I’ve worked for several years on a large research vessel. My employer will not issue a sea time letter for me. I work as a marine technician so my role is split between scientific duties and regular deck work. My actual workload is probably 50/50 between these 2 different types of roles. My employer said that since I am in the science department I cannot accrue sea time.
While I do work in a scientific capacity some of the time, I also do all of the following: handle mooring lines every single time we dock or embark, operate hydraulic deck
capstans and tend lines while going through locks, operate deck winches and heavy lift A-Frames, operate all deck cranes, assist with grounding gear, handling physical rigging and deployment of anything that goes over the side, rigging and maintenance of all lifting sheaves aloft.
Addionally, I am of course on the station bill and have clearly defined roles in all emergency situations. I am a trained medical responder and I also pilot the rescue boat in all MOB situations. I am part of the random drug testing consortium as well.
Perhaps I am wrong, but I feel that I should be able to get a sea time letter for this. The head honcho is coming for a visit next week and I plan to bring this up but I want to sound like I’m serious and know what I’m talking about so I’m looking for advice. They may be correct in that my position falls into a maritime gray area (I don’t know) but most of what I do on the daily involves traditional deck work.
Sorry for for the long post, I’m just stressed out about this. If anyone has any info to share or advised course of action, I’d be hugely appreciative. Anything specifically stated in CFR or official literature would be awesome too. Heck, I know bartenders that have earned sea time…
Do you hold a merchant mariner credential?
Regardless of whether your employers change their mind about their policy re: what shipboard department your are in, you may have a fundamental problem with [B]wheelhouse[/B] time. I’m sure Mr. Cavo will set me straight if I’m incorrect, but the operative phrase on seatime letters is “serving on watch in the wheelhouse” or words to that effect. Sounds like as far as deck work you are experienced. Ironically deck work may not allow you to progress to an AB certificate, which is essentially what you are looking for, I believe.
Well I have quite a bit of documented time from a previous job where I worked as an OS and an unlicensed watch leader. I have submitted all necessary documentation for 100 ton master. I’m waiting to hear back for approval to test for that and would also have the necessary time to do AB limited as well. But I’d really like to get time from this job in addition to what I already have because then I’d have enough time to go unlimited. Also, it’s much bigger tonnage than what my previous documented time was on.
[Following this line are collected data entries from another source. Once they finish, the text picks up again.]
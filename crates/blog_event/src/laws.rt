//! Laws of the definitions.

ghost use Rattle.std.specs.Prelude.{◌≡◌, ℕ, List, length, Option, None};
ghost use Rattle.blog_event.specs.Event.{Event};
ghost use Rattle.blog_event.specs.File.{AreBytes, ReadsEvent, ReadsLongest};
ghost use Rattle.blog_event.specs.code.Going.{AreRead, IsLeft, ReadsOn, FrontsGrow};
ghost use Rattle.blog_event.specs.Items.{items_from, items_of};
ghost use Rattle.blog_event.specs.Opening.{opening_fault, OpensLogs};

/// An event is read at a position exactly where it stands there: its fields fit theirs, and the bytes from the position on
/// begin with its text. The call does nothing.
pub fn reading_an_event_is_exact()
    ensures exact { (bytes : List ℕ) (at : ℕ) → AreBytes bytes → ReadsEvent bytes at }
{}

/// Of each list of bytes and each stop the computed list of events is the one longest list with which the bytes
/// begin, each event but the first starting below the stop. The call does nothing.
#[tactic(auto, using(crate::proofs::Framing::reads_longest))]
pub fn read_list_is_longest()
    ensures longest { (bytes : List ℕ) (stop : Option ℕ) → AreBytes bytes → ReadsLongest bytes stop }
{}

/// Bytes are opened as a log exactly where they have its parts: fewer than 4,294,967,296 bytes, the magic number, and behind
/// it a format description of this profile. The call does nothing.
#[tactic(auto, using(crate::proofs::Openings::opens_logs))]
pub fn opened_logs_have_their_parts()
    ensures parts { (bytes : List ℕ) → OpensLogs bytes }
{}

/// Of a log that is opened and each stop the computed list of events is the event at the position 4 and the events that are
/// left behind it, and they end within the log. The call does nothing.
pub fn opened_log_is_read_on()
    ensures read_on { (bytes : List ℕ) (stop : Option ℕ) → opening_fault bytes ≡ None → ReadsOn bytes stop }
{}

/// The events that are left to be read from a position on are determined, and end within the bytes if the position lies
/// there. The call does nothing.
#[tactic(auto, using(crate::proofs::Going::is_left))]
pub fn events_left_are_determined()
    ensures left { (bytes : List ℕ) (stop : Option ℕ) (at : ℕ) (es : List Event) → AreRead bytes stop at es → IsLeft bytes stop at es }
{}

/// The items that a log gives from a position on are the events that are left there with no stop, each with its start, and
/// then a fault if they don't reach to the log's end. The call does nothing.
#[tactic(auto, using(crate::proofs::Going::items_left))]
pub fn items_are_the_events_left()
    ensures items { (bytes : List ℕ) (at : ℕ) (es : List Event) → AreRead bytes None at es → items_from bytes at ≡ items_of at (length bytes) es }
{}

/// Events with which bytes begin, each but the first starting below the stop, are made one by one: the first behind the
/// magic number, each further one behind those before, and where none is left they are the computed list. The call does
/// nothing.
#[tactic(auto, using(crate::proofs::Going::fronts_grow))]
pub fn fronts_grow_to_the_read_list()
    ensures fronts { (bytes : List ℕ) (stop : Option ℕ) → AreBytes bytes → FrontsGrow bytes stop }
{}
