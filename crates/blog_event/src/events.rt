//! Going through the events of a log.

ghost use Rattle.std.specs.Prelude.{◌≡◌, ◌≤◌, ◌+◌, ◌-◌, ◌/◌, length, Some, IfSome};

use crate::event::Event;
use crate::fault::Fault;
use crate::log::Log;
use crate::reading::HEADER_LEN;

/// The events of a log that follow each other from a byte position on, each with its start. If they end before the log
/// does, or the position lies past the log's end, the last item is the fault `CutEvent` where the next event would begin.
/// Nothing comes after the last item.
#[derive(Debug, Drop)]
pub struct Events<'a> {
    log: Log<'a>,
    // Where the next event begins; None after the last item.
    at: Option<u32>,
}

impl<'a> Log<'a> {
    ghost use Rattle.blog_event.specs.Items.{items_from};
    ghost use Rattle.blog_event.specs.code.LogView.{log_bytes, items_left, most_left};

    /// The events that follow each other from the byte position `from` on, each where the one before ends. If they end
    /// before the log does, or `from` lies past the log's end, one last item is the fault `CutEvent` at that position.
    pub fn events(&self, from: u32) -> Events<'a>
        ensures items { items_left result ≡ items_from (log_bytes self.now) from }
        ensures most { most_left result ≡ 1 + (length (log_bytes self.now) - from) / 19 }
    {
        Events {
            log: *self,
            at: Some(from),
        }
    }
}

impl<'a> Iterator for Events<'a> {
    type Item = Result<Event<'a>, Fault>;

    ghost use Rattle.std.specs.Iterator.{UpTo, at_most};
    ghost use Rattle.std.specs.Iterator.SizeHint.{IsWithinCount};
    ghost use Rattle.blog_event.specs.code.LogView.{GivesItem, items_left, most_left};

    ghost next_gives = { GivesItem };

    ghost remaining = { λ events. at_most (most_left events) };

    fn next(&mut self) -> Option<Result<Event<'a>, Fault>> {
        let at = self.at?;
        self.at = None;
        if at == self.log.end() {
            return None;
        }
        let item = self.log.event_at(at);
        if let Ok(event) = &item {
            self.at = Some(at + event.header.size);
        }
        Some(item)
    }

    /// How many items are left is known by going through them alone: at least none, and at most one for each 19 bytes and
    /// one more.
    fn size_hint(&self) -> (usize, Option<usize>)
        ensures least { result.0 ≤ length (items_left self.now) }
        ensures most { result.1 ≡ Some (most_left self.now) }
        ensures lower { IsWithinCount result.0 (at_most (most_left self.now)) }
        ensures upper { IfSome result.1 (UpTo (at_most (most_left self.now))) }
    {
        let most = match self.at {
            Some(at) => 1 + self.log.end().saturating_sub(at) as usize / HEADER_LEN,
            None => 0,
        };
        (0, Some(most))
    }
}
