//! Events of a MySQL binary log of version 4, and their bytes.
#![tactic(auto)]

pub mod constants;
mod event;
mod events;
mod fault;
mod format;
mod laws;
mod log;
mod reading;
mod writing;

pub use event::{Event, Header};
pub use events::Events;
pub use fault::Fault;
pub use laws::{
    events_left_are_determined, fronts_grow_to_the_read_list, items_are_the_events_left,
    opened_log_is_read_on, opened_logs_have_their_parts, read_list_is_longest,
    reading_an_event_is_exact,
};
pub use log::{Log, format_description};
pub use reading::{HEADER_LEN, event_at};
pub use writing::{header_bytes, open_event, open_event_from, put_event, put_event_from};
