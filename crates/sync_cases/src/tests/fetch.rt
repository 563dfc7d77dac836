//! Fetches over a link that gives bytes that were written by hand, by the rules of docs/FORMATS.md.
ghost use Rattle.std.specs.Prelude.{◌≡◌, ◌≤◌, ◌^◌, ℕ, true, None, Option};

use ledger_log::{CompactTarget, KeylessOp, Target};
use ledger_merkle::Location;
use std::alloc::Global;
use sync_client::SyncFault;
use sync_fetch::{fetch_compact_target, fetch_target};
use sync_net::{Generator, Link, LinkError, Machine};

mod states;

/// A link that takes all and gives these bytes, one at a time, and then the end.
#[derive(Drop)]
struct Canned {
    bytes: Vec<u8>,
    at: usize,
}

impl Link for Canned {
    ghost faults = { λ _. 0 };

    ghost exact = { true };

    ghost steady = { λ _. Unit {0} };

    ghost wire = { λ _. None };

    ghost service = { λ _. None };

    fn send(&mut self, _bytes: &[u8]) -> Result<(), LinkError> {
        Ok(())
    }

    fn recv(&mut self, buffer: &mut [u8]) -> Result<usize, LinkError> {
        if self.at < self.bytes.len() && buffer.len() > 0 {
            buffer[0] = self.bytes[self.at];
            self.at += 1;
            Ok(1)
        } else {
            Ok(0)
        }
    }
}

fn at(value: u64) -> Location
    requires { value ≤ 2 ^ 62 }
    ensures { result ≡ value }
{
    Location::ZERO.plus(value)
}

/// The frame of an error of code 3 under the number 7, with the text `no`.
const STRAY: [u8; 14] = [13, 8, 0, 0, 0, 0, 0, 0, 0, 7, 3, 2, 0x6e, 0x6f];

/// The frame of an error of code 3 under the number 1, with the text `no`.
const REFUSAL: [u8; 14] = [13, 8, 0, 0, 0, 0, 0, 0, 0, 1, 3, 2, 0x6e, 0x6f];

/// The frame of the target of 0 to 3 with a root of nines under the number 1.
const TARGET: [u8; 44] = [
    43, 3, 0, 0, 0, 0, 0, 0, 0, 1, 9, 9, 9, 9, 9, 9, 9, 9, 9, 9, 9, 9, 9, 9, 9, 9, 9, 9, 9, 9, 9,
    9, 9, 9, 9, 9, 9, 9, 9, 9, 9, 9, 0, 3,
];

/// The frame of the compact target of 3 operations with a root of nines under the number 1.
const COMPACT: [u8; 43] = [
    42, 5, 0, 0, 0, 0, 0, 0, 0, 1, 9, 9, 9, 9, 9, 9, 9, 9, 9, 9, 9, 9, 9, 9, 9, 9, 9, 9, 9, 9, 9,
    9, 9, 9, 9, 9, 9, 9, 9, 9, 9, 9, 3,
];

/// A link that gives two pieces, and then the end.
fn link_of(alloc: Global, first: &[u8], second: &[u8]) -> Option<Canned> {
    let mut bytes = Vec::new(alloc);
    bytes.extend_from_slice(first).ok()?;
    bytes.extend_from_slice(second).ok()?;
    Some(Canned { bytes, at: 0 })
}

/// What is fetched as a target.
fn target_from(alloc: Global, first: &[u8], second: &[u8]) -> Option<Result<Target, SyncFault>> {
    let mut link = link_of(alloc, first, second)?;
    let mut machine: Machine<KeylessOp> = Machine::new(alloc, Generator::new());
    Some(fetch_target(&mut machine, &mut link))
}

/// What is fetched as a compact target.
fn compact_from(alloc: Global, bytes: &[u8]) -> Option<Result<CompactTarget, SyncFault>> {
    let mut link = link_of(alloc, bytes, &[])?;
    let mut machine: Machine<KeylessOp> = Machine::new(alloc, Generator::new());
    Some(fetch_compact_target(&mut machine, &mut link))
}

#[test]
fn a_target_is_fetched_behind_a_stray(rt: HostRuntime) {
    let found = target_from(rt.alloc(), &STRAY, &TARGET);
    let nines = Target::new([9; 32], at(0), at(3));
    assert!(rt; found.and_then(|fetched| fetched.ok()) == nines);
}

#[test]
fn a_compact_target_is_fetched(rt: HostRuntime) {
    let found = compact_from(rt.alloc(), &COMPACT);
    let nines = CompactTarget {
        root: [9; 32],
        leaf_count: at(3),
    };
    assert!(rt; found.and_then(|fetched| fetched.ok()) == Some(nines));
}

#[test]
fn a_refusal_is_told(rt: HostRuntime) {
    let refused = target_from(rt.alloc(), &REFUSAL, &TARGET);
    assert!(rt; matches!(refused, Some(Err(SyncFault::Server { .. }))));
}

#[test]
fn an_end_and_another_kind_are_told(rt: HostRuntime) {
    let ended = target_from(rt.alloc(), &STRAY, &[]);
    assert!(rt; matches!(ended, Some(Err(SyncFault::RequestChannelClosed))));
    let other = compact_from(rt.alloc(), &TARGET);
    assert!(rt;
        matches!(
            other,
            Some(Err(SyncFault::UnexpectedResponse { request_id: 1 }))
        )
    );
}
Well I have quite a bit of documented time from a previous job where I worked as an OS and an unlicensed watch leader. I have submitted all necessary documents for 100 ton Master and am waiting to hear back for approval to test for that. I’d also have the necessary time for AB Limited. But I’d really like to get documentation for this job because then I’d have enough cumulative to upgrade to Unlimited. Also, much greater tonnage on this vessel than my previous time.
To answer previous question, no I do not yet have my MMC but I’ve submitted all the papers for that along with my 100 Master documents.
My my previous sea time letters do not reference wheel house or bridge time. They just state that my position was “deckhand” and number of days served. In addition of course to all the vessel specs required.
[QUOTE=LarryLimno;181601]To answer previous question, no I do not yet have my MMC but I’ve submitted all the papers for that along with my 100 Master documents.[/QUOTE]
Not even as an OS?
[QUOTE=Capt. Phoenix;181602]Not even as an OS?[/QUOTE]
No, it was a non union job that just didn’t require the deck crew to have an MMC (aside from licensed officers of course). But none of my coworkers from that time had any trouble at all getting those letters accepted by the coast guard and several of them have become licensed from that time alone without complication.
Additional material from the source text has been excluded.